Hilary Mantel and Will Self head Man Booker shortlist
Critics praise 'fresh and innovative' list, but the favourites are familiar names
HILARY MANTEL and Will Self have been installed as favourites to win the Man Booker Prize after the shortlist was announced today. In stark contrast to the outrage directed at last year's judges for "pandering to popularity", the 2012 judges have earned praised for favouring smaller publishers and including two debut novels.
The shortlist of six comprises The Garden of Evening Mists by Tan Twan Eng, Swimming Home by Deborah Levy, The Lighthouse by Alison Moore, Narcopolis by Jeet Thayil, Bring up the Bodies by Hilary Mantel and Umbrella by Will Self.
The panel of judges, chaired by Peter Stothard, editor of the Times Literary Supplement, features literary critic Dinah Birch, historian Amanda Foreman, Downton Abbey actor Dan Stevens and academic Bharat Tandon. They said that the choice of novels came down to their "pure power of prose", and favoured "novels not novelists".
Ella Funge in the New Statesman notes 2012's list "may be a nod to correcting the controversy that seemed to follow last year's prize" when judges were criticised for focusing too heavily on "readability" - and it seems to have worked. Channel 4's Matthew Cain said "their list is unapologetically highbrow – and one of the most intelligent of recent years". Jonathan Ruppin at Foyles called the selection "a huge vote of confidence for the novel as an artform".
Hilary Mantel, who won the £50,000 prize in 2009 for Wolf Hall, to which Bring up the Bodies is a sequel, is currently the bookies' favourite. A second win would be unprecedented but many are confident she can pull it off. Jon Howells at Waterstones said: "Given the praise Bringing Up the Bodies has received, I think she must be the favourite."
First time nominee Will Self's Umbrella is also hotly tipped to win. Funge notes that choosing the "conceptually challenging" Umbrella would "be the perfect way of signalling that the prize is ready to take itself seriously again".

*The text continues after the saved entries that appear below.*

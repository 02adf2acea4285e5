//! The numbers in the text of the references that are left in a definition.

ghost use Rattle.std.specs.Prelude.{◌≡◌, ◌+◌, ◌++◌, ◌∷◌, [], OnOk, IfOk};
ghost use Rattle.tree_expand.specs.Placed.{places_now};

use bumpalo::Bump;
use comp_tree::{first_places, place_all};
use std::alloc::{AllocError, Global};

/// Places, in leaf order. While they are 0 and those after it, they are counted and take no memory.
#[derive(Drop)]
pub(crate) struct Places {
    /// How many there are, while there is no list.
    count: u32,
    /// All of them, once one is not the next.
    list: Vec<u32>,
}

/// No places.
pub(crate) fn no_places<'t>() -> &'t [u32]
    ensures { result.now ≡ [] }
{
    &[]
}

impl Places {
    /// None. It takes no memory.
    pub(crate) fn new(alloc: Global) -> Places
        ensures { places_now result ≡ [] }
    {
        Places {
            count: 0,
            list: Vec::new(alloc),
        }
    }

    /// Puts a place behind the others; `next` is the one after it.
    pub(crate) fn push(&mut self, alloc: Global, place: u32, next: u32) -> Result<(), AllocError>
        requires { next ≡ place + 1 }
        ensures { OnOk result (places_now self.new ≡ places_now self.old ++ place ∷ []) }
    {
        if self.list.len() > 0 {
            self.list.push(place)?;
            return Ok(());
        }
        if place == self.count {
            self.count = next;
            return Ok(());
        }
        self.list = first_places(alloc, self.count)?;
        self.list.push(place)?;
        Ok(())
    }

    /// The places of a definition, in the arena: none where they are 0 and those after it.
    pub(crate) fn placed<'t>(&self, bump: &'t Bump) -> Result<&'t [u32], AllocError>
        ensures { IfOk result (λ r. r.now ≡ self.now.list.items) }
    {
        if self.list.len() == 0 {
            return Ok(no_places());
        }
        place_all(bump, &self.list)
    }
}
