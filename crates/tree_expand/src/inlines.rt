//! Whether types stand inline in a scope.

ghost use Rattle.std.specs.Prelude.{◌≡◌, List};
ghost use Rattle.comp_model.specs.CoreModules.{CoreModule};
ghost use Rattle.comp_tree.specs.Lists.{listed, nodes_listed};
ghost use Rattle.comp_tree.specs.Model.{leaf_of, scope_of};
ghost use Rattle.tree_expand.specs.Numbering.{inlines, inlines_leaf, inlines_nodes, inlines_scope};

use crate::key::is_shared;
use comp_tree::{Leaf, Node, Scope};

/// Whether a type that may be shared stands inline in a leaf.
#[cycle(inlining)]
fn leaf_inlines(leaf: &Leaf<'_, '_>) -> bool
    ensures { (C : List CoreModule) → result ≡ inlines_leaf (leaf_of C leaf.now) }
{
    match leaf {
        Leaf::Present(inner) => leaf_inlines(inner),
        Leaf::Node(node) => leaves_inline(node.leaves),
        Leaf::Nodes(nodes) => nodes_inline(nodes),
        Leaf::Inline(_, node) => {
            if is_shared(node.row) {
                return true;
            }
            leaves_inline(node.leaves)
        }
        Leaf::Bundle(_, node) => leaves_inline(node.leaves),
        Leaf::Scope(_) => false,
        Leaf::Text(_) => false,
        Leaf::Pieces(_) => false,
        Leaf::Number(_) => false,
        Leaf::Kind(_) => false,
        Leaf::CoreValue(_) => false,
        Leaf::Numeral(_, _, _) => false,
        Leaf::Name(_, _, _) => false,
        Leaf::Path(_, _) => false,
        Leaf::Place(_) => false,
        Leaf::Absent => false,
        Leaf::CaseId(_) => false,
        Leaf::Results(_) => false,
        Leaf::Core(_) => false,
    }
}

/// Whether one stands in leaves.
#[cycle(inlining)]
fn leaves_inline(leaves: &[Leaf<'_, '_>]) -> bool
    ensures { (C : List CoreModule) → result ≡ inlines (listed C leaves.now) }
{
    for leaf in leaves {
        if leaf_inlines(leaf) {
            return true;
        }
    }
    false
}

/// Whether one stands in nodes.
#[cycle(inlining)]
fn nodes_inline(nodes: &[Node<'_, '_>]) -> bool
    ensures { (C : List CoreModule) → result ≡ inlines_nodes (nodes_listed C nodes.now) }
{
    for node in nodes {
        if leaves_inline(node.leaves) {
            return true;
        }
    }
    false
}

/// Whether a type that may be shared stands inline in a definition of a scope, those of inner scopes aside. That is told at the first one.
pub(crate) fn scope_inlines(scope: &Scope<'_, '_>) -> bool
    ensures { (C : List CoreModule) → result ≡ inlines_scope (scope_of C scope.now) }
{
    for def in scope.defs {
        if leaves_inline(def.node.leaves) {
            return true;
        }
    }
    false
}
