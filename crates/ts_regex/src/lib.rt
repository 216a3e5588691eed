//! Regular expressions over the letters of a signature (`<`, `=`, `>`), read one letter at a time.
//!
//! A pattern of a time series is an expression. This crate says what its words are, and what is left of them once a
//! letter has been read: the derivative (Brzozowski 1964). Whoever looks for occurrences keeps what is left for each
//! start, and asks of it whether the empty word is there (an occurrence may end), whether a longer one is (it may go
//! on), and whether any is (the start is still alive).
//!
//! To the layers above it promises, for each call, what it says of the language, which is defined by words alone and
//! never by derivatives; and that a normal form is a function of the expression's form, so that the residuals of a
//! pattern can be listed in a table. Contracts see an expression as a plain tree without pointers, `Shape`; the laws
//! meant for callers stand in `proofs/Laws`.
//!
//! A derivative doubles a `Cat` whose first part has the empty word, so whoever reads many letters takes the normal
//! form after each one. Its members stand in order, each before the next (`form_laws::members_rise`), and it is meant
//! to keep small what is left (its size is not proved):
//!
//! ```text
//! let left = residual(alloc, &pattern, Letter::Less)?;
//! let ends_here = nullable(&left);
//! ```
//!
//! Each call, and the drop of an expression, goes as deep into the stack as the expression is nested.
#![tactic(auto)]

mod derivative;
pub mod form_laws;
mod membership;
mod normal_form;
mod order;
mod regex;

pub use derivative::{derive, has_longer, has_word, nullable};
pub use membership::member;
pub use normal_form::{normal, residual};
pub use regex::{Regex, alt, cat, star};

However, Ruppin told the Guardian he believes Alison Moore's "moody and exquisite" The Lighthouse will take the prize, though admitted "you can never discount Hilary Mantel".
Despite some earlier disappointment at the omission of big names such as Martin Amis and Zadie Smith in the longlist, the shortlist has been praised for featuring two debut novels and favouring independent publishers, Funge observed. "A renewed interest in the fresh and innovative appears to mark out the shortlist this year."
The Garden of Evening Mists (Myrmidon Books), Swimming Home (And Other Stories) and The Lighthouse (Salt) are all published by small houses, leading Howell to remark: "It is independent publishing that is the winner today."
The winner will be announced on the 16 October.